Yup, put the KB to use earlier... thanks for the link. I would use the proxy idea however they will still have to connect to our network's proxy due to the 2 pages that are still required. Alrighty then! Well... thanks fo all the suggestions, tomorrow the hammer is coming down! Muahahaha... gotta love being an admin

[ringfinger]

For anyone that's interested the Content Advisor is working like a charm! The only issue was with certain apps that had to access the web in the background for certain things, I had to allow the sites they were accessing. I guess I just didn't think it would be an issue since IE wouldn't be 'open' per se. Anyways... all the security guards are royally p***ed!! Haha

[LLXX]

I would definitely go with the proxy method, i.e. force all Internet traffic through the filtering proxy. Anything client-side is quite easily defeated if your users have the knowledge (and even filtering proxies can be, with even more knowledge... )

[ringfinger]

Well, first of all there's nothing to worry about with the whole knowledge thing.. these guys are "rent-a-cop" security guards with no basically computer skills. And as I said before I can't redirect them through another proxy as they have to connect to our network proxy to perform other tasks and run certain apps.

[cluberti]

Since there are some "issues" with https: sites and content advisor / parental controls, you should consider using a proxy.pac file as the autoconfiguration address, and that'd allow you to lock things down even further. Information on proxying in Internet Explorer, configuration of proxy based on configuration scripts, and specific information on .js or .pac proxy files in Internet Explorer can be found at the following URLs:

http://www.microsoft.com/technet/prodtechn...k.mspx?mfr=true

http://www.microsoft.com/technet/prodtechn...s.mspx?mfr=true

http://www.microsoft.com/mind/0599/faq/faq0599.asp

http://wp.netscape.com/eng/mozilla/2.0/rel...proxy-live.html

http://java.sun.com/j2se/1.4.2/docs/guide/...xie_config.html

A sample proxy .pac file that allows traffic to local LAN sites (for example, http://localsite), allows https traffic to all pages at mail.yourcompany.com, but blocks all other traffic (including all other http and https traffic) is listed below:

//beginning of file

   function FindProxyForURL(url, host)
   {
	 if (isPlainHostName(host))
		 return "DIRECT";
		   else
	 if (shExpMatch(host, "https://mail.yourcompany.com", "*/*"))
		 return "DIRECT";
		   else
	 if (url.substring(0, 5) == "http:")
		 return "PROXY 127.0.0.1:4321";
		   else
	 if (url.substring(0, 4) == "ftp:")
		 return "PROXY 127.0.0.1:4321";
		   else
	 if (url.substring(0, 7) == "gopher:")
		 return "PROXY 127.0.0.1:4321";
		   else
	 if (url.substring(0, 6) == "https:")
		 return "PROXY 127.0.0.1.4321";
		   else

		 return "PROXY 127.0.0.1:4321";
   }

//end of file

The proxy file above simply displays a “page could not be displayed” error page when a page that is disallowed by the proxy is attempted (in the above case, this would be anything that is not local LAN traffic or https traffic to mail.yourcompany.com).

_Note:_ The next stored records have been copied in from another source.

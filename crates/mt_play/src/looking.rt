//! What a looker-on may ask of a node that plays.

ghost use Rattle.std.specs.Prelude.{◌≡◌, ◌↔◌, IfOk, IsTrue, List, map, option_copied};
ghost use Rattle.std.specs.Option.{option_map};
ghost use Rattle.mt_model.specs.declared.texts.config.SessionRow.{SessionRow};
ghost use Rattle.mt_whole.specs.mt_machine.Environment.{Environment};
ghost use Rattle.mt_whole.specs.mt_machine.State.{is_member};
ghost use Rattle.mt_whole.specs.mt_runs.Lines.{fabric_of, talks_behind};
ghost use Rattle.mt_whole.specs.mt_runs.Course.{Going};
ghost use Rattle.mt_whole.specs.mt_runs.Isolation.{public_part};
ghost use Rattle.mt_whole.specs.mt_runs.Marks.{seen};
ghost use Rattle.mt_whole.specs.mt_runs.Whole.{Whole as Told, fabric_live};
ghost use Rattle.mt_whole.specs.mt_marks.Noted.{noted_if};
ghost use Rattle.mt_whole.specs.mt_marks.Remembered.{remembered};
ghost use Rattle.mt_whole.specs.mt_marks.Seen.{seen_in};
ghost use Rattle.mt_whole.specs.Plan.{given_to};
ghost use Rattle.mt_whole.specs.Seeing.{mark_of, own_standing};
ghost use Rattle.mt_whole.specs.Talks.{IsWholeOf};
ghost use Rattle.mt_play.specs.Plays.{IsPlaying};

use crate::playing::Playing;
use mt_model::{Armed, Event, NodeSession, NodeState};
use mt_subs::Subs;
use mt_whole::{Mark, Note};
use std::alloc::AllocError;

impl<'a> Playing<'a> {
    /// The mark of an event that a fabric sees: the event, with what is public to the fabric just before it. None exactly where
    /// the fabric does not see it.
    pub fn mark(&self, fabric: u8, event: &Event) -> Result<Option<Mark>, AllocError>
        ensures { (given : Environment) (sessions : List SessionRow) (g : Going) → IsPlaying self.now given sessions g → IfOk result (λ mark. option_map seen_in mark ≡ mark_of fabric g.whole event.now) }
    {
        self.whole.mark(fabric, event)
    }

    /// What is public to a fabric, beside an event, whether the fabric sees that or not.
    pub fn shown(&self, fabric: u8, event: &Event) -> Result<Mark, AllocError>
        ensures { (given : Environment) (sessions : List SessionRow) (g : Going) → IsPlaying self.now given sessions g → IfOk result (λ mark. seen_in mark ≡ seen event.now (public_part fabric g.whole)) }
    {
        self.whole.shown(fabric, event)
    }

    // What an event adds to what is shown of a session, None where it adds nothing.
    pub(crate) fn note(&self, event: &Event) -> Result<Option<Note>, AllocError>
        ensures { let given = given_to self.now.whole self.now.verdicts.roots self.now.verdicts.csrs self.now.verdicts.joins in
            (w : Told) → IsWholeOf self.now.whole w → IfOk result (λ note. noted_if note (map remembered w.talks) ≡ map remembered (talks_behind given w event.now)) }
    {
        self.whole.note(event, &self.verdicts)
    }

    /// Whether a fabric is in the table.
    pub fn has(&self, fabric: u8) -> bool
        ensures { (given : Environment) (sessions : List SessionRow) (g : Going) → IsPlaying self.now given sessions g → result ≡ is_member fabric g.whole.state.node }
    {
        self.whole.has(fabric)
    }

    /// The fabric for which an event acts, 0 where it acts for none.
    pub fn acts_for(&self, event: &Event) -> u8
        ensures { (given : Environment) (sessions : List SessionRow) (g : Going) → IsPlaying self.now given sessions g → result ≡ fabric_of g.whole.state.node event.now }
    {
        self.whole.acts_for(event)
    }

    /// The fabric for which the session is live, 0 on PASE without one; None exactly where it is not live.
    pub fn live(&self, session: u16) -> Option<u8>
        ensures { (given : Environment) (sessions : List SessionRow) (g : Going) → IsPlaying self.now given sessions g → result ≡ fabric_live g.whole.state.node session }
    {
        self.whole.live(session)
    }

    /// The state of the node.
    pub fn state(&self) -> &NodeState
        ensures { (given : Environment) (sessions : List SessionRow) (g : Going) → IsPlaying self.now given sessions g → result.now ≡ g.whole.state.node }
    {
        self.whole.state()
    }

    /// The subscriptions.
    pub fn subs(&self) -> &Subs
        ensures { (given : Environment) (sessions : List SessionRow) (g : Going) → IsPlaying self.now given sessions g → result.now ≡ g.whole.ledger.subs }
    {
        self.whole.subs()
    }

    /// The number of this boot.
    pub fn boot(&self) -> u32
        ensures { (given : Environment) (sessions : List SessionRow) (g : Going) → IsPlaying self.now given sessions g → result ≡ g.whole.state.node.boot }
    {
        self.whole.boot()
    }

    /// The sessions of this boot.
    pub fn sessions(&self) -> &[NodeSession]
        ensures { (given : Environment) (sessions : List SessionRow) (g : Going) → IsPlaying self.now given sessions g → result.now ≡ g.whole.state.node.sessions }
    {
        self.whole.sessions()
    }

    /// The fail-safe, None exactly where nobody has armed it.
    pub fn armed(&self) -> Option<&Armed>
        ensures { (given : Environment) (sessions : List SessionRow) (g : Going) → IsPlaying self.now given sessions g → option_copied result ≡ g.whole.state.node.armed }
    {
        self.whole.armed()
    }

    /// Whether the fabric's own part is the same in two nodes, with what stands over its sessions, and without what is shown
    /// of them. It takes no memory.
    pub fn alike(&self, other: &Playing, fabric: u8) -> bool
        ensures { (given to_other : Environment) (mine theirs : List SessionRow) (g h : Going) → IsPlaying self.now given mine g → IsPlaying other.now to_other theirs h
            → IsTrue result ↔ (own_standing fabric g.whole ≡ own_standing fabric h.whole) }
    {
        self.whole.alike(&other.whole, fabric)
    }
}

If you wish to redirect the user, or display a custom error page, you must have a proxy web server running at the address after the “PROXY” line, and at the port specified (can be any port, I used 4321 as an example).

[ringfinger]

Thanks for the info cluberti. As of now we are utilizing a proxy.pac file on our network... I wonder if i could just edit it to fit the needs of these particular boxes. I know nothing about creating/modifying them, but for the most part understand what you've posted in code.